Several forcing axioms imply $2^{\aleph_0 }= \aleph_2$. What about $2^{\aleph_1}$?

Question

On the one hand, it seems intuitive that $2^{\aleph_1 }> 2^{\aleph_0}$, because $\aleph_1 > \aleph_0$. However, I also know that, like many things involving the continnum function, that's actually independent of ZFC. So, since these forcing axioms seem to resolve what $2^{\aleph_0}$ is, do they also resolve $2^{\aleph_1}$? If so, is it also $\aleph_2$, or is it something bigger?

Answer 1

Martin's axiom, $\mathsf{MA}$, already implies that $2^\kappa=2^{\aleph_0}$ for every $\kappa<2^{\aleph_0}$. This means that any forcing axiom contradicting $\mathsf{CH}$ directly implies $2^{\aleph_1}=2^{\aleph_0}$.
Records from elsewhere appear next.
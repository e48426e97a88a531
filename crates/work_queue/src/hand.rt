// The rule of a queue of jobs.
use crossbeam_queue::RuledArrayQueue;
use crossbeam_queue::protocol::{Join, Lesson, Outcome, Protocol, Split};
use std::collections::LinkedList;
use std::marker::PhantomData;

/// A job with its place among all.
#[derive(Drop)]
pub struct Numbered<T> {
    pub number: usize,
    pub job: T,
}

/// What a job gave, with the job's place.
#[derive(Drop)]
pub struct Done<X> {
    pub number: usize,
    pub result: X,
}

/// What a pass knows: its parts of the right to the whole, the jobs that were pushed, and the numbers of those that it
/// took. No value of it is made.
pub struct Hand<T> {
    pub parts: u64,
    pub all: LinkedList<T>,
    pub taken: LinkedList<u64>,
}

pub struct Dealing<T> {
    jobs: PhantomData<T>,
}

impl<T: Send + Drop> Protocol<Numbered<T>, Hand<T>> for Dealing<T> {
    ghost use Rattle.work_queue.specs.Dealt.{Dealt, opener};

    ghost holds = { Dealt };

    ghost first = { opener };
}

pub struct Puts;

impl<T: Send + Drop> Outcome<Numbered<T>, Hand<T>> for Puts {
    ghost use Rattle.work_queue.specs.Dealt.{puts};

    ghost then = { puts };
}

impl<T: Send + Drop> Lesson<Numbered<T>, Hand<T>> for Puts {
    ghost use Rattle.work_queue.specs.Dealt.{Fits};

    ghost fact = { Fits };
}

pub struct Takes;

impl<T: Send + Drop> Outcome<Numbered<T>, Hand<T>> for Takes {
    ghost use Rattle.work_queue.specs.Dealt.{takes};

    ghost then = { takes };
}

impl<T: Send + Drop> Lesson<Numbered<T>, Hand<T>> for Takes {
    ghost use Rattle.work_queue.specs.Dealt.{AllTaken};

    ghost fact = { AllTaken };
}

pub struct Cut;

impl<T: Send + Drop> Split<Hand<T>> for Cut {
    ghost use Rattle.work_queue.specs.Dealt.{lent, lender};

    ghost left = { lender };

    ghost right = { lent };
}

impl<T: Send + Drop> Join<Hand<T>> for Cut {
    ghost use Rattle.work_queue.specs.Dealt.{joined, nobody};

    ghost both = { joined };

    ghost spent = { nobody };
}

pub type Jobs<T> = RuledArrayQueue<Numbered<T>, Hand<T>, Dealing<T>>;
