// Results at the places of their jobs.
ghost use Rattle.std.specs.Prelude.{
  ◌≡◌,
  ◌<◌,
  ◌≤◌,
  [],
  All,
  None,
  Some,
  IsSome,
  IfOk,
  length,
  map,
  replicate,
  slice_set,
  vec_len,
  vec_capacity,
};
ghost use Rattle.work_queue.specs.Slots.{filled_slots};

use crate::hand::Done;
use std::alloc::{AllocError, Global};

/// A row of empty slots.
pub(crate) fn empty_slots<X: Drop>(alloc: Global, n: usize) -> Result<Vec<Option<X>>, AllocError>
    ensures { IfOk result (λ slots. slots.items ≡ replicate n None) }
{
    let mut slots = Vec::with_capacity(alloc, n)?;
    for i in 0..n {
        let _place = i;
        slots.push(None)?;
    }
    Ok(slots)
}

/// Puts each result into the slot of its number.
pub(crate) fn place<X: Drop>(slots: &mut [Option<X>], done: Vec<Done<X>>)
    requires { All (λ d. d.number < length slots.old) done.items }
    ensures { slots.new ≡ filled_slots slots.old done.items }
{
    for Done { number, result } in done {
        fill(slots, number, result);
    }
}

fn fill<X: Drop>(slots: &mut [Option<X>], number: usize, x: X)
    requires { number < length slots.old }
    ensures { slots.new ≡ slice_set slots.old number (Some x) }
{
    slots[number] = Some(x);
}

/// What the slots hold, all of which are full.
pub(crate) fn emptied<X: Drop>(slots: Vec<Option<X>>, out: Vec<X>) -> Vec<X>
    requires room { (out.items ≡ []) × (vec_len slots ≤ vec_capacity out) }
    requires full { All (λ slot. IsSome slot) slots.items }
    ensures { map (λ x. Some x) result.items ≡ slots.items }
{
    let mut out = out;
    for slot in slots {
        let Some(x) = slot else { unreachable!() };
        out.push_reserved(x);
    }
    out
}
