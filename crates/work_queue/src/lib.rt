//! Jobs that some workers take from one queue, each job once.
#![tactic(auto)]

mod crew;
mod hand;
mod passes;
mod room;
mod slots;
mod worker_slot;
mod workers;

pub use workers::{in_workers, jobs_in_workers};
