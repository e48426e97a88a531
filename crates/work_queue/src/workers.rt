// All the memory, and then all the work.
ghost use Rattle.std.specs.Prelude.{◌≡◌, ◌<◌, [], ◌≤◌, All, vec_len, IfOk, IfErr};
ghost use Rattle.std.specs.List.{AllZip};
ghost use Rattle.crossbeam_queue.specs.Passes.{view, IsPassOf, ruled_capacity};
ghost use Rattle.work_queue.specs.Dealt.{hand};
ghost use Rattle.work_queue.specs.Room.{HasWorkersRoom};

use crate::crew::{by_workers, finish};
use crate::hand::{Hand, Jobs, Numbered};
use crate::passes::push_all;
use crate::room::Room;
use crate::slots::emptied;
use crossbeam_queue::Pass;
use std::alloc::Global;
use std::cmp;
use std::sync::Wait;
use std::thread::Threads;

/// Calls `f` at each job, once, in so many workers that take the jobs from one queue in their order, each the next one
/// when it has done its last. The result of each job stands at the job's place.
///
/// There are no more workers than jobs. The caller is one of them, and each other has a thread of its own where one can
/// be started; where none can be, the others do its share. `Err` hands the jobs back, where memory was wanting: all of
/// it is taken before `f` is called for the first time.
pub fn in_workers<R: Threads + Wait + Sync, T: Send + Drop, X: Send + Drop, F: Fn(T) -> X + Sync>(
    rt: &R,
    alloc: Global,
    jobs: Vec<T>,
    workers: u16,
    f: &F,
) -> Result<Vec<X>, Vec<T>>
    requires workers { (0 < workers) × (workers ≤ 16) }
    requires calls { F.IsAlwaysCallable f.now }
    ensures each { IfOk result (λ results. AllZip (λ job r. F.post f.now job r) jobs.items results.items) }
    ensures back { IfErr result (λ back. back ≡ jobs) }
{
    jobs_in_workers(rt, alloc, jobs, workers, f)
}

/// As `in_workers`, for an `f` that asks something of a job, which is true of each of these.
pub fn jobs_in_workers<
    R: Threads + Wait + Sync,
    T: Send + Drop,
    X: Send + Drop,
    F: Fn(T) -> X + Sync,
>(rt: &R, alloc: Global, jobs: Vec<T>, workers: u16, f: &F) -> Result<Vec<X>, Vec<T>>
    requires workers { (0 < workers) × (workers ≤ 16) }
    requires calls { All (λ job. F.pre f.now job) jobs.items }
    ensures each { IfOk result (λ results. AllZip (λ job r. F.post f.now job r) jobs.items results.items) }
    ensures back { IfErr result (λ back. back ≡ jobs) }
{
    if jobs.is_empty() {
        return Ok(Vec::new(alloc));
    }
    let Ok((queue, pass)) = Jobs::ruled(alloc, jobs.len()) else {
        return Err(jobs);
    };
    let crew = cmp::min(workers as usize, jobs.len());
    let Ok(room) = Room::taken(alloc, crew, jobs.len()) else {
        return Err(jobs);
    };
    Ok(run(rt, &queue, pass, jobs, room, f))
}

// With all memory at hand.
fn run<R: Threads + Wait + Sync, T: Send + Drop, X: Send + Drop, F: Fn(T) -> X + Sync>(
    rt: &R,
    queue: &Jobs<T>,
    pass: Pass<Numbered<T>, Hand<T>>,
    jobs: Vec<T>,
    room: Room<T, X>,
    f: &F,
) -> Vec<X>
    requires pass { IsPassOf queue.now pass × (view pass ≡ hand 1024 [] []) }
    requires queue { vec_len jobs ≤ ruled_capacity queue.now }
    requires room { (vec_len room.dones ≤ 16) × HasWorkersRoom (vec_len room.dones) (vec_len jobs) room }
    requires calls { All (λ job. F.pre f.now job) jobs.items }
    ensures { AllZip (λ job r. F.post f.now job r) jobs.items result.items }
{
    let Room {
        dones,
        worker_slots,
        rest,
        slots,
        results,
    } = room;
    let mut pass = push_all(rt, queue, pass, jobs);
    let mut slots = slots;
    let row = slots.as_mut_slice();
    by_workers(rt, queue, &mut pass, dones, worker_slots, row, f);
    finish(rt, queue, pass, rest, row, f);
    emptied(slots, results)
}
Now as you observe, "strong" forcing axioms - $\mathsf{PFA}$, $\mathsf{MM}$, etc. - not only contradict $\mathsf{CH}$ but also imply $2^{\aleph_0}=\aleph_2$. Consequently, we get the general rule of thumb that strong forcing axioms imply $2^{\aleph_0}=2^{\aleph_1}=\aleph_2$.